An area of human comparative advantage for now is research, taste, and judgment, including choosing which problems matter, which results to trust, and when an approach is a dead end.
Indeed, they continue, "...the work that is still in human hands, choosing which problems to work on, is what matters most."
Without that judgment, Claude is a capable assistant, but not as a system that could drive AI progress on its own.
They write, it's genuinely unclear whether today's training methods and architectures could unlock that capacity.

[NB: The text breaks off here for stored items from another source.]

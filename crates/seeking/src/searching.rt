//! The search.

use crate::blocks::{once, ordered};
use crate::calls::Calls;
use crate::empties::{Moments, find_moments, limit_by_moments};
use crate::items::{
    Item, Paired, Reaches, pair_up, passed_over, reaches_of, set_limits, set_releases,
};
use crate::matching::{Matched, OpenTakes, match_up, open_takes, short_witness, unmatch};
use crate::pieces::held;
use events::Entry;
use findings::Witness;
use std::alloc::{AllocError, Global};

/// What the search found. It is to be judged.
#[derive(Drop)]
pub enum Found {
    Order(Vec<Entry>),
    Witness(Witness),
    Nothing,
}

/// What was found, if it is a witness.
fn judged_later(witness: Option<Witness>) -> Found {
    match witness {
        Some(witness) => Found::Witness(witness),
        None => Found::Nothing,
    }
}

/// A moment for each take that found nothing, and then an order.
fn order(
    alloc: Global,
    calls: &Calls,
    items: &mut Vec<Item>,
    takes: &OpenTakes,
    reaches: &Reaches,
    wants_order: bool,
) -> Result<Found, AllocError> {
    unmatch(items);
    let empties = match find_moments(alloc, calls, items.as_slice(), takes)? {
        Moments::All(empties) => empties,
        Moments::None(empty) => {
            return Ok(judged_later(held(alloc, calls, items.as_slice(), takes, reaches, empty)?));
        }
    };
    let times = once(alloc, &empties)?;
    limit_by_moments(items, &times);
    if let Matched::Short { .. } = match_up(alloc, items, takes)? {
        return Ok(Found::Nothing);
    }
    if !wants_order {
        return Ok(Found::Order(Vec::new(alloc)));
    }
    match ordered(alloc, items.as_slice(), &empties)? {
        Some(entries) => Ok(Found::Order(entries)),
        None => Ok(Found::Nothing),
    }
}

/// Looks for an order that explains what is known of the calls, or for a witness that there is none. It is made for
/// recordings in which the values that are put ascend, from a small number on. Where the order is not wanted, none is made
/// of what was found.
pub fn search(alloc: Global, calls: &Calls, wants_order: bool) -> Result<Found, AllocError> {
    let mut items = match pair_up(alloc, &calls.calls)? {
        Paired::Items(items) => items,
        Paired::Bad(witness) => return Ok(Found::Witness(witness)),
    };
    set_limits(alloc, &mut items)?;
    if let Some(witness) = passed_over(&items) {
        return Ok(Found::Witness(witness));
    }
    let reaches = reaches_of(alloc, &items)?;
    set_releases(&mut items, &reaches);
    let takes = open_takes(alloc, &calls.calls)?;
    if let Matched::Short {
        items: short,
        first,
    } = match_up(alloc, &mut items, &takes)?
    {
        unmatch(&mut items);
        return Ok(judged_later(short_witness(alloc, &items, &takes, &short, first)?));
    }
    order(alloc, calls, &mut items, &takes, &reaches, wants_order)
}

But even if we suppose that Claude never achieves good research taste, a conservative reading of our evidence still implies compounding acceleration.
Now the meat of the piece, and the part that's generating the most discussion, is the last section on three possible futures.
The first possible future, which they say they include for completeness but don't believe it's likely, is one in which the trend stalls but today's AI capabilities are widely diffused.
They write, This article features many exponential trajectories, but these trajectories may actually turn out to be S-curves.
We may be approaching the bend in the curve, where returns to scale diminish and the line straightens then flattens.
The judgment that separates a competent researcher from a great one might be a capability that cannot come from scaling up training inputs like compute and data.
If so, getting past this bottleneck would require a new idea, like an architectural approach that supplants the transformer architecture that all current frontier models use.